Und hier kommt meine private Betti-Reiseliteraturliste der Bücher, die ich gerade parallel lese und die ich empfehlen kann:
Allen voran, weil er so wunderbar zynisch und ehrlich und genau beobachtend schreibt, das Essay von
David Foster Wallace, „Schrecklich amüsant, aber in Zukunft ohne mich“ (über eine Kreuzfahrt)
natürlich: sämtliche Bücher von Andreas Altmann, vor allem aber: „Gebrauchsanweisungen für die Welt“ (mag seinen Schreibstil, raus gerotzt, ehrlich, emotional)
Wolfgang Büscher, ganz besonders: „Asiatische Absencen„, aber auch der Klassiker: „“Berlin-Moskau“
Benjamin Prüfer, „Gebrauchsanweisung für Vietnam, Laos, Kambodscha“ (ha ich zweimal gelesen, das Buch stammt vo Autor von „same, same, but Different“, zu dem es auch einen Kinofilm gibt)
Anke Richter, „Was scheren mich die Schafe“ (die Journalistin lebt seit langem in NZ und beschreibt sehr humorvoll und mit selbstironischem Blick ihr Leben und die Menschen dort)
Ulrike von Bülow, „God morning New York“ (same same, wie bei Anke Richter, allerdings, lebt die Autorin in New York, äh, logisch…)
Judith Döker, „Judith goes to Bollywood“ (eine Schauspielerin reist in die idische Traumfabrik Bollywood)

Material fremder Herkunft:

// Surveys and walks all sequences of up to seven elements by crate `children`, strict and loose, with and without a
// trailing list, and prints how many readings of each length come to the stored digest, and how many sequences of a
// sample come to the stored answers.
#![tactic(auto)]

mod answer;
mod sequence;

ghost use Rattle.std.specs.Prelude.{◌≤◌};

use answer::{BASIS, Digests, basis, mix, mix_answers};
use cases::{Agreement, Cases, behind, front, line, load, more, nth_field, number32, zeros};
use sequence::{LONGEST, spell};
use std::io::Result;

// Bytes of a digest, and of the four of a length.
const DIGEST: usize = 4;

const STORED: usize = 4 * DIGEST;

// Room for the digests of all lengths and for the sample.
const DIGESTS: usize = 8 * STORED;

const SAMPLE: usize = 131072;

// A case of the sample has five fields: the sequence, and the answers of its four readings.
const FIELDS: usize = 5;

// How many sequences of each length there are.
const COUNTS: [u32; 8] = [1, 10, 100, 1000, 10000, 100000, 1000000, 10000000];

// The four answers to sequence k of n elements, behind what the digests hold.
fn mix_number(n: usize, k: u32, d: Digests) -> Digests
    requires { n ≤ 7 }
{
    let mut word = [0u8; LONGEST];
    spell(k, &mut word);
    mix_answers(front(&word, n), d)
}

// The answers to the sequences of n elements up to a number.
fn all_of(n: usize, total: u32) -> Digests
    requires { n ≤ 7 }
{
    let mut d = basis();
    for k in 0..total {
        d = mix_number(n, k, d);
    }
    d
}

// How many of the four digests of the sequences of n elements are those that are stored.
fn agreeing(v: &[u8], n: usize, total: u32) -> u64
    requires { n ≤ 7 }
{
    let d = all_of(n, total);
    let w = behind(v, n * STORED);
    let a = more(0, d.strict == number32(w));
    let b = more(a, d.loose == number32(behind(w, DIGEST)));
    let c = more(b, d.strict_after == number32(behind(w, 2 * DIGEST)));
    more(c, d.loose_after == number32(behind(w, 3 * DIGEST)))
}

fn compare(rt: &impl Print, v: &[u8], n: usize, total: u32) -> Result<()>
    requires { n ≤ 7 }
{
    line(rt, b"length", n as u64)?;
    line(rt, b"  sequences", total as u64)?;
    line(rt, b"  readings that agree", agreeing(v, n, total))
}

fn compare_all(rt: &impl Print, v: &[u8]) -> Result<()> {
    for (n, total) in COUNTS.iter().enumerate() {
        compare(rt, v, n, *total)?;
    }
    Ok(())
}

// The digest of an answer.
fn digest(answer: &[u8]) -> u32 {
    answer.iter().fold(BASIS, |h, b| mix(h, *b as u32))
}

// The first sequence of the sample has the four answers that stand behind it.
fn agrees(v: &[u8]) -> bool {
    let word = nth_field(v, 0);
    if LONGEST < word.len() {
        return false;
    }
    let d = mix_answers(word, basis());
    let p = d.strict == digest(nth_field(v, 1));
    let q = d.loose == digest(nth_field(v, 2));
    let r = d.strict_after == digest(nth_field(v, 3));
    let s = d.loose_after == digest(nth_field(v, 4));
    p & q & r & s
}

// The sequences of a sample, and how many of them agree before the first that does not.
#[derive(Clone, Copy)]
struct Sample {
    found: Agreement,
    before: u64,
}

fn counted(s: Sample, agrees: bool) -> Sample {
    let found = s.found;
    Sample {
        found: found.with(agrees),
        before: more(s.before, agrees & (s.before == found.seen)),
    }
}

fn replayed(v: &[u8]) -> Sample {
    let mut s = Sample {
        found: Agreement::default(),
        before: 0,
    };
    for case in Cases::of(v, FIELDS) {
        s = counted(s, agrees(case));
    }
    s
}

fn replay(rt: &impl Print, v: &[u8]) -> Result<()> {
    let s = replayed(v);
    let found = s.found;
    line(rt, b"sample", found.seen)?;
    line(rt, b"  sequences that agree", found.right)?;
    line(rt, b"  before the first that does not", s.before)
}

fn main(rt: HostRuntime) -> Result<()> {
    let mut digests = [0u8; DIGESTS];
    let n = load(&rt, "digests.bin", &mut digests)?;
    compare_all(&rt, front(&digests, n))?;
    let mut sample = zeros::<SAMPLE>();
    let m = load(&rt, "sample.bin", &mut sample)?;
    replay(&rt, front(&sample, m))
}
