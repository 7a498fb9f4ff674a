// What a device holds.
ghost use Rattle.std.specs.Prelude.{◌≡◌, ◌≤◌, [], length, vec_capacity};
ghost use Rattle.md_notices.specs.Signatures.Finding.{signatures};
ghost use Rattle.md_notices.specs.Signatures.Reading.{IsOnlySearched};
ghost use Rattle.md_state.specs.View.{disk_of, of_disks};
ghost use Rattle.md_notices.specs.Held.Holding.{IsToldOfDevice, HoldsSigned, is_unseen, needs_telling};

use crate::signatures::{Signature, find_signatures, signature_list};
use md_device::Device;
use md_members::{MemberFault, read_super};
use md_super::Superblock;
use std::alloc::Global;

/// What a device holds, as far as it is told.
#[derive(Drop)]
pub enum Held {
    /// Nothing that is known.
    Nothing,
    /// Whatever it is: there was no memory to look.
    Unseen,
    /// Nothing was found, but a read of the device failed.
    Unread,
    /// It is a member of an array: its superblock.
    Member(Superblock),
    /// The first signature that is found on it.
    Signed(Signature),
}

impl Held {
    /// Whether it is told before the device is overwritten: also where nobody knows what it is.
    pub fn needs_telling(&self) -> bool
        ensures { result ≡ needs_telling self.now }
    {
        match self {
            Held::Nothing => false,
            Held::Unseen | Held::Unread | Held::Member(_) | Held::Signed(_) => true,
        }
    }

    /// Whether nobody looked at it, or it could not be read.
    pub fn is_unseen(&self) -> bool
        ensures { result ≡ is_unseen self.now }
    {
        match self {
            Held::Unseen | Held::Unread => true,
            Held::Nothing | Held::Member(_) | Held::Signed(_) => false,
        }
    }
}

/// What a device holds. It is only read. Memory for the look at its signatures is taken before it is used.
#[tactic(auto, using(md_members::proofs::Failed::reads_alone))]
pub fn held_on<D: Device>(alloc: Global, device: &mut D) -> Held
    ensures only_read { IsOnlySearched of_disks (disk_of D.Device device.old) (disk_of D.Device device.new) }
    ensures holds { IsToldOfDevice (disk_of D.Device device.old) (disk_of D.Device device.new) result }
{
    let Ok(list) = signature_list(alloc) else {
        return Held::Unseen;
    };
    match read_super(alloc, device) {
        Ok(own) => Held::Member(own),
        Err(fault) => {
            if fault == MemberFault::NoMemory {
                return Held::Unseen;
            }
            let has_failed = fault == MemberFault::ReadFault;
            signature_on(list, device, has_failed)
        }
    }
}

// The first signature that a device bears of which no superblock was read, perhaps since that failed. It takes no memory.
fn signature_on<D: Device>(list: Vec<Signature>, device: &mut D, has_failed: bool) -> Held
    requires room { (list.items ≡ []) × (length signatures ≤ vec_capacity list) }
    ensures only_read { IsOnlySearched of_disks (disk_of D.Device device.old) (disk_of D.Device device.new) }
    ensures holds { HoldsSigned has_failed (disk_of D.Device device.old) (disk_of D.Device device.new)
        result }
{
    let look = find_signatures(list, device);
    match look.found.as_slice().first() {
        Some(signature) => Held::Signed(*signature),
        None if has_failed || look.has_failed => Held::Unread,
        None => Held::Nothing,
    }
}
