// What each of several devices holds.
ghost use Rattle.std.specs.Prelude.{◌≡◌, IfErr, IfOk, length, map};
ghost use Rattle.md_state.specs.View.{disk_of};
ghost use Rattle.md_notices.specs.Held.Holding.{LooksAtEach};

use crate::held::held::{Held, held_on};
use md_device::Device;
use std::alloc::{AllocError, Global};

/// What each of the devices holds, in their order. They are only read, and `AllocError` comes before any of them is.
pub fn held_on_each<D: Device>(alloc: Global, devices: &mut [D]) -> Result<Vec<Held>, AllocError>
    ensures as_many { length devices.new ≡ length devices.old }
    ensures looks { IfOk result (λ held.
        LooksAtEach (map (disk_of D.Device) devices.old) (map (disk_of D.Device) devices.new) held.items) }
    ensures untouched { IfErr result (λ _. devices.new ≡ devices.old) }
{
    let mut held = Vec::with_capacity(alloc, devices.len())?;
    for place in 0..devices.len() {
        let one = held_on(alloc, &mut devices[place]);
        held.push_reserved(one);
    }
    Ok(held)
}
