//! What a device holds before `create` or `add` overwrites it, for the warning: the superblock of a member, or else the
//! first signature that is found, as that of a file system. Devices are only read.
//!
//! Start with `held_on`.
//!
//! ```
//! let held = held_on(alloc, &mut device);
//! let asks = held.needs_telling();
//! ```

mod held;
mod looking;

pub use held::{Held, held_on};
pub use looking::held_on_each;
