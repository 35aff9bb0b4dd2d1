// The book of a month.
ghost use Rattle.std.specs.Prelude.{◌≤◌};

// Decades are closed in their order, so that their number says which.
#[derive(Clone, Copy, Debug, PartialEq, Eq)]
pub struct Book {
    pub days: u16,
    pub zones: u16,
    // how many decades are closed
    pub closed: u16,
    ghost days_from: { 28 ≤ days },
    ghost days_to: { days ≤ 31 },
    ghost zones_from: { 1 ≤ zones },
    ghost zones_to: { zones ≤ 2 },
    ghost closed_to: { closed ≤ 3 },
}
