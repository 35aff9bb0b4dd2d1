// Sheets are written out.
ghost use Rattle.std.specs.Prelude.{◌≡◌, length};
ghost use Rattle.book.specs.Memory.{standing};
ghost use Rattle.book.specs.Writing.{write_answer, write_output};

use crate::book::Book;
use crate::refusal::BookRefusal;
use crate::stated::StatedPlace;
use sheet_writer::writing::write_sheet;
use shelf::rows::{Row, sheet_on};

impl Book {
    // Writes the sheet in force at a place to the front of `out`, and answers how long its text is.
    pub fn write(
        &self,
        shelf: &[Row],
        place: StatedPlace,
        out: &mut [u8],
    ) -> Result<usize, BookRefusal>
        ensures answer { result ≡ write_answer (standing self.now) shelf.now place (length out.old) }
        ensures output { out.new ≡ write_output (standing self.now) shelf.now place out.old }
    {
        let spot = self.find_place(shelf.len(), place)?;
        let sheet = sheet_on(&shelf[spot.number]).ok_or(BookRefusal::NoSheet)?;
        Ok(write_sheet(spot.place, sheet, out)?)
    }
}
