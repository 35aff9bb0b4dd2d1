// Prices of the days before the month.
ghost use Rattle.std.specs.Prelude.{◌≡◌};
ghost use Rattle.register.specs.Rolls.{Roll};
ghost use Rattle.book.specs.Memory.{Rows, memory};
ghost use Rattle.book.specs.Past.{past_key, past_answer, past_after};

use crate::book::Book;
use crate::refusal::BookRefusal;
use crate::stated::{StatedKey, StatedPrice};
use measures::price::Price;
use price_history::history::PriceHistory;
use price_history::key::PriceKey;
use price_keeping::keeping::PriceKeeping;

const LAST_PAST_DAY: u16 = 90;

fn key_of_past(key: StatedKey) -> Option<PriceKey>
    ensures { result ≡ past_key key }
{
    if key.day > LAST_PAST_DAY {
        return None;
    }
    PriceKey::new(key.series, key.zone, key.day, key.slot)
}

impl Book {
    // Enters a price of a day before the month, while no decade is closed.
    pub fn enter_past_price<K: PriceKeeping>(
        &mut self,
        history: &mut K,
        key: StatedKey,
        price: StatedPrice,
    ) -> Result<(), BookRefusal>
        ensures answer { (roll : Roll) (rows : Rows) → result ≡ past_answer (memory self.old (K.PriceHistory.view history.old) roll rows) key price }
        ensures after { (roll : Roll) (rows : Rows) → memory self.new (K.PriceHistory.view history.new) roll rows ≡ past_after (memory self.old (K.PriceHistory.view history.old) roll rows) key price }
    {
        let key = key_of_past(key).ok_or(BookRefusal::BeyondLimits)?;
        let price = Price::new(price.kop as i64).ok_or(BookRefusal::BeyondLimits)?;
        if self.closed > 0 {
            return Err(BookRefusal::DecadeClosed);
        }
        Ok(history.enter(key, price)?)
    }
}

Maike van den Boom, „Wo gehts denn hier zum Glück?“ (Reise durch die glücklichsten Länder der Welt)
Jan Kowalsky, „Als Schisser um die Welt, die Geschichte von einem. der mitmusste“ (sehr sehr lustig, großer Lesespaß)

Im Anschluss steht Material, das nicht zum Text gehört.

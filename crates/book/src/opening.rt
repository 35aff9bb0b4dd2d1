// A book is opened.
ghost use Rattle.std.specs.Prelude.{◌≡◌, ◌≤◌, ◌++◌, length, drop, replicate, is_ok, if◌then◌else◌, None};
ghost use Rattle.shelf.specs.Places.{places_of};
ghost use Rattle.book.specs.Opening.{opened, open_answer, open_rows};

use crate::book::Book;
use crate::refusal::BookRefusal;
use price_history::history::PriceHistory;
use shelf::places::places_of;
use shelf::rows::Row;

impl Book {
    // A book of a month with no sheet and no closed decade, over a history without a price. Empties its
    // places on the shelf.
    pub fn open<H: PriceHistory>(
        days: u16,
        zones: u16,
        history: &H,
        shelf: &mut [Row],
    ) -> Result<Book, BookRefusal>
        ensures answer { opened result ≡ open_answer days zones (H.PriceHistory.view history.now) (length shelf.old) }
        ensures rows { shelf.new ≡ (if is_ok result then open_rows days zones shelf.old else shelf.old) }
    {
        if !(28..=31).contains(&days) || !(1..=2).contains(&zones) {
            return Err(BookRefusal::BookSize);
        }
        let places = places_of(days, zones);
        if shelf.len() < places {
            return Err(BookRefusal::ShelfShort);
        }
        if history.count() != 0 {
            return Err(BookRefusal::HistoryNotEmpty);
        }
        shelf[..places].fill(None);
        Ok(Book {
            days,
            zones,
            closed: 0,
        })
    }
}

Lars und Svenja Lilienthal, „In 50 Wochen um die Welt“ (sympathischer Reisebericht einer Familie, die ein Jahr um die Welt gereist ist)
Heike Praschel, „Weltenbummler“ (eine Familie reist mit einem eigens gebauten Campingbus mehrere Jahre in die entlegensten Ecken der Erde – faszinierend)

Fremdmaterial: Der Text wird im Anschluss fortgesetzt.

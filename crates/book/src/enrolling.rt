// Units are registered.
ghost use Rattle.std.specs.Prelude.{◌≡◌};
ghost use Rattle.price_history.specs.Views.{View};
ghost use Rattle.register.specs.Rolls.{roll};
ghost use Rattle.book.specs.Enrolling.{enrol_answer, enrol_after};
ghost use Rattle.book.specs.Memory.{Rows, memory};

use crate::book::Book;
use crate::refusal::BookRefusal;
use register::register::Register;

impl Book {
    // Registers the party of a unit.
    pub fn register(
        &mut self,
        register: &mut Register<'_>,
        unit: u16,
        party: u16,
    ) -> Result<(), BookRefusal>
        ensures answer { (view : View) (rows : Rows) → result ≡ enrol_answer (memory self.old view (roll register.old) rows) unit party }
        ensures after { (view : View) (rows : Rows) → memory self.new view (roll register.new) rows ≡ enrol_after (memory self.old view (roll register.old) rows) unit party }
    {
        Ok(register.register(unit, party)?)
    }
}
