// A place of the book, and its number on the shelf.
use sheet::place::Place;

#[derive(Clone, Copy)]
pub(crate) struct Spot {
    pub place: Place,
    pub number: usize,
}
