// Decades are closed.
ghost use Rattle.std.specs.Prelude.{◌≡◌, is_some};
ghost use Rattle.std.specs.List.{list_all};
ghost use Rattle.price_history.specs.Views.{View};
ghost use Rattle.register.specs.Rolls.{Roll};
ghost use Rattle.shelf.specs.Rows.{sheet_on};
ghost use Rattle.book.specs.Closing.{last_day, close_answer, close_after};
ghost use Rattle.book.specs.Memory.{standing, memory};

use crate::book::Book;
use crate::refusal::BookRefusal;
use shelf::places::places_of;
use shelf::rows::{Row, sheet_on};

fn all_filled(rows: &[Row]) -> bool
    ensures { result ≡ list_all (λ row. is_some (sheet_on row)) rows.now }
{
    rows.iter().all(|row| sheet_on(row).is_some())
}

impl Book {
    // The last day of a decade.
    fn last_day(&self, decade: u16) -> u16
        ensures { result ≡ last_day (standing self.now) decade }
    {
        if decade < 3 { 10 * decade } else { self.days }
    }

    // Closes the next decade, of which every sheet is in force.
    pub fn close(&mut self, shelf: &[Row], decade: u16) -> Result<(), BookRefusal>
        ensures answer { (view : View) (roll : Roll) → result ≡ close_answer (memory self.old view roll shelf.now) decade }
        ensures after { (view : View) (roll : Roll) → memory self.new view roll shelf.now ≡ close_after (memory self.old view roll shelf.now) decade }
    {
        if shelf.len() < places_of(self.days, self.zones) {
            return Err(BookRefusal::ShelfShort);
        }
        if decade > 3 || decade != self.closed + 1 {
            return Err(BookRefusal::NotNextDecade);
        }
        let from = places_of(10 * self.closed, self.zones);
        let to = places_of(self.last_day(decade), self.zones);
        if !all_filled(&shelf[from..to]) {
            return Err(BookRefusal::SheetMissing);
        }
        self.closed = decade;
        Ok(())
    }
}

Alain de Botton, „Über die Kunst des Reisens“ (Schweizer Philosoph, der ebenfalls ein großartiges Buch über die Kunst des Liebens verfasst hat)
Meike Winnemuth, „Das große Los“ (ok, der Klassiker, kennt mittlerweile jeder, liest sich aber auch einfach gut)
Und nun, Trommelwirbel, mein absolutes Lieblingsbuch, das zwar nicht mit dem Thema Reisen zu tun hat aber mit dem Ankommen, mit der Flucht, mit der Hoffnung auf ein neues Leben, mit intellektuellen Paaren Kaliforniens, die politisch so korrekt sind und dann doch wieder nicht, mit den hellen und dunklen Seiten des Menschen, mit Vergebung und Verzeihen, mit Schuld und Hoffnung:
T.C. Boyle, „America“ (unfassbar gut! Vergisst man nie, dieses Buch und passt irgendwie zur heutigen Flüchtingsthematik)
Und irgendwann: Bettina Pohlmann, ha ha, kleiner Scherz. Ich setz mich jetzt also schön wieder auf den Hosenboden und arbeite mal weiter, schraube an den Sätzen… Damit tatsächlich irgendwann mal ein wie auch immer geartetes, aber hoffentlich zumindest einigermaßen lesbares Buch draus wird.